Both EMC and HP have been under pressure in recent months to change the way they do business. In fact, just last week, HP announced it was splitting into two public companies

One company will comprise HP’s market-leading enterprise technology infrastructure, software and services businesses, which will do business as Hewlett-Packard Enterprise.The other will comprise HP’s market-leading personal systems and printing businesses, which will do business as HP Inc. and retain the current logo.

The move follows similar actions by companies like eBay and Symantec, which have also started spinning off some of their operations to realize more value from passive assets.

At an IT level, both HP and EMC have been struggling to become more responsive to their respective customer bases in light of tech changes and the rise of cloud computing. 

Industry Shakeout

Most of the bigger IT gorillas have been facing the same problem as the sheer weight of business processes have made it difficult for them to respond to the new, agile IT marketplace.

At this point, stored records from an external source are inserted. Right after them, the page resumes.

//! Whether a way leads back to where an edge begins, and in which loop: by what the plan has left,
//! and by what the counts allow.

use crate::loops::Loops;
use crate::marks::{Marks, bit_of};
use crate::places::Places;
use ceiling_optimum::Budget;
use ceiling_rows::{SiteEdge, SiteRow};
use std::alloc::{AllocError, Global};
use std::collections::HashMap;

/// What ways go through.
#[derive(Clone, Copy)]
pub struct Ground<'a> {
    pub rows: &'a [SiteRow],
    pub marks: &'a Marks,
    pub places: &'a Places,
    pub loops: &'a Loops,
}

/// What is asked of an edge of a site.
#[derive(Clone, Copy, PartialEq, Eq, Hash)]
pub struct Asked {
    pub site: usize,
    pub edge: usize,
    /// The marks that are used up behind the edge, a bit of each, until they are set back.
    pub shut: u64,
    /// Which kinds the plan has left, by how often one was used up before; none, where all serve.
    pub by_plan: Option<u32>,
}

/// The answers so far, and what they are looked for with.
#[derive(Drop)]
pub struct WaysBack {
    known: HashMap<Asked, usize>,
    /// By site, the marks that were shut on all ways there.
    shut: Vec<Option<u64>>,
    /// The sites that were met.
    met: Vec<usize>,
    ahead: Vec<usize>,
}

impl WaysBack {
    /// None was looked for yet.
    pub fn none(alloc: Global, sites: usize) -> Result<WaysBack, AllocError> {
        Ok(WaysBack {
            known: HashMap::new(alloc),
            shut: vec![in alloc; None; sites]?,
            met: Vec::new(alloc),
            ahead: Vec::new(alloc),
        })
    }

    /// How deep the innermost loop is within which a way leads back from an edge; 0 where none
    /// does. By the plan only kinds serve of which it has some left.
    pub fn depth(
        &mut self,
        ground: Ground<'_>,
        asked: Asked,
        left: &[i128],
        budget: &mut Budget,
    ) -> Result<usize, AllocError> {
        if let Some(depth) = self.known.get(&asked) {
            return Ok(*depth);
        }
        let mut depth = 0;
        if let Some(kind) = ground.places.kind_of(asked.site, asked.edge) {
            let deepest = ground.loops.chain(kind).len();
            for place in (0..deepest).rev() {
                let number = ground.loops.chain(kind).get(place).copied();
                let within = Within {
                    ground,
                    place,
                    number: number.unwrap_or(usize::MAX),
                    left: if asked.by_plan.is_some() {
                        Some(left)
                    } else {
                        None
                    },
                };
                if self.leads_back(within, asked, budget)? {
                    depth = place.saturating_add(1);
                    break;
                }
            }
        }
        self.known.insert(asked, depth)?;
        Ok(depth)
    }

    /// Whether a way leads back within a loop.
    fn leads_back(
        &mut self,
        within: Within<'_>,
        asked: Asked,
        budget: &mut Budget,
    ) -> Result<bool, AllocError> {
        self.forget();
        if let Some(edge) = within.ground.edge(asked.site, asked.edge) {
            self.meet(edge.onto, asked.shut)?;
        }
        let most = self.shut.len().saturating_mul(65);
        for _ in 0..most {
            let Some(site) = self.ahead.pop() else {
                break;
            };
            if site == asked.site {
                return Ok(true);
            }
            if !self.follow(within, site, budget)? {
                break;
            }
        }
        Ok(false)
    }

    /// Nothing was met.
    fn forget(&mut self) {
        for site in &self.met {
            if let Some(shut) = self.shut.get_mut(*site) {
                *shut = None;
            }
        }
        self.met.clear();
        self.ahead.clear();
    }

    /// Meets a site with marks shut, if fewer are than before.
    fn meet(&mut self, site: usize, shut: u64) -> Result<(), AllocError> {
        let Some(entry) = self.shut.get_mut(site) else {
            return Ok(());
        };
        let before = *entry;
        match before {
            None => {
                *entry = Some(shut);
                self.met.push(site)?;
                self.ahead.push(site)?;
            }
            Some(known) if known & !shut != 0 => {
                *entry = Some(known & shut);
                self.ahead.push(site)?;
            }
            Some(_) => {}
        }
        Ok(())
    }

    /// Follows the edges of a site. `false` where the steps are used up.
    fn follow(
        &mut self,
        within: Within<'_>,
        site: usize,
        budget: &mut Budget,
    ) -> Result<bool, AllocError> {
        let shut = match self.shut.get(site) {
            Some(Some(shut)) => *shut,
            _ => 0,
        };
        let Some(row) = within.ground.rows.get(site) else {
            return Ok(true);
        };
        for (index, edge) in row.edges.iter().enumerate() {
            if within.serves(site, index, edge, shut) {
                let back = within.ground.sets_back(edge);
                self.meet(edge.onto, shut & !back)?;
            }
        }
        Ok(budget.spend(row.edges.len() as u64))
    }
}

/// A loop that a way stays within.
#[derive(Clone, Copy)]
struct Within<'a> {
    ground: Ground<'a>,
    /// How many loops are around it.
    place: usize,
    number: usize,
    /// What the plan has left, where ways go by it.
    left: Option<&'a [i128]>,
}

impl Within<'_> {
    /// Whether a way may go along an edge.
    fn serves(self, site: usize, index: usize, edge: &SiteEdge, shut: u64) -> bool {
        if edge.mark.map_or(0, bit_of) & shut != 0 {
            return false;
        }
        let Some(kind) = self.ground.places.kind_of(site, index) else {
            return false;
        };
        if self.ground.loops.chain(kind).get(self.place).copied() != Some(self.number) {
            return false;
        }
        match self.left {
            Some(left) => left.get(kind).copied().unwrap_or(0) > 0,
            None => true,
        }
    }
}

impl<'a> Ground<'a> {
    /// These together.
    pub fn new(
        rows: &'a [SiteRow],
        marks: &'a Marks,
        places: &'a Places,
        loops: &'a Loops,
    ) -> Ground<'a> {
        Ground {
            rows,
            marks,
            places,
            loops,
        }
    }

    /// An edge of a site.
    pub fn edge(self, site: usize, edge: usize) -> Option<&'a SiteEdge> {
        self.rows.get(site)?.edges.get(edge)
    }

    /// The marks that an edge sets back.
    fn sets_back(self, edge: &SiteEdge) -> u64 {
        match edge.mark {
            Some(mark) => self.marks.at(mark).map_or(0, |standing| standing.inner),
            None => 0,
        }
    }
}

Microsoft started a realignment of its business units last year just before CEO Steve Balmer left the company. It initiated a new product and business strategy under the title of ‘One,” which aims to pull all its products together and improve communication across the business.

EMC has been under pressure from Elliot Management, which owns 2.2 percent of EMC, to divest some of its assets, including VMWare. EMC, however, has ruled this out.

The other option for EMC was the possibility of merging with HP, which has also struggling to make itself relevant. HP has been trying to recoup some of the $14 billion it spent buying Autonomy in 2008, which led to a $14 billion write down last year.

HP’s Response

Under Meg Whitman, HP appears to have received a kiss of life and its Autonomy business has been cranking out new releases and upgrades at an astounding rate.

But it’s not just Autonomy. Whitman has been pushing for the renewal of HP based on innovation and in-house technology.

It's not clear why the discussion with EMC were called off, but again price has been mentioned as a factor. 

But it may not be such a bad thing for the IT industry in general that the talks have failed. A straight merger of the two would have created the biggest data storage provider in existence as well as access points to just about every organization on the planet.

If one of really creative forces in IT is innovation by small, agile companies — and think of the development of the Internet of Things in this respect — then the existence of yet another unruly IT gorilla would probably be unhealthy.

The talks are allegedly off for good. But those are often famous last words.

You may recall the discussions between IBM and Lenovo over the sale of the x86 chip business. Discussions were "over for good" — before Lenovo  became the proud owner of that former IBM business. Who is to say that a similar fate doesn’t awaits these discussions?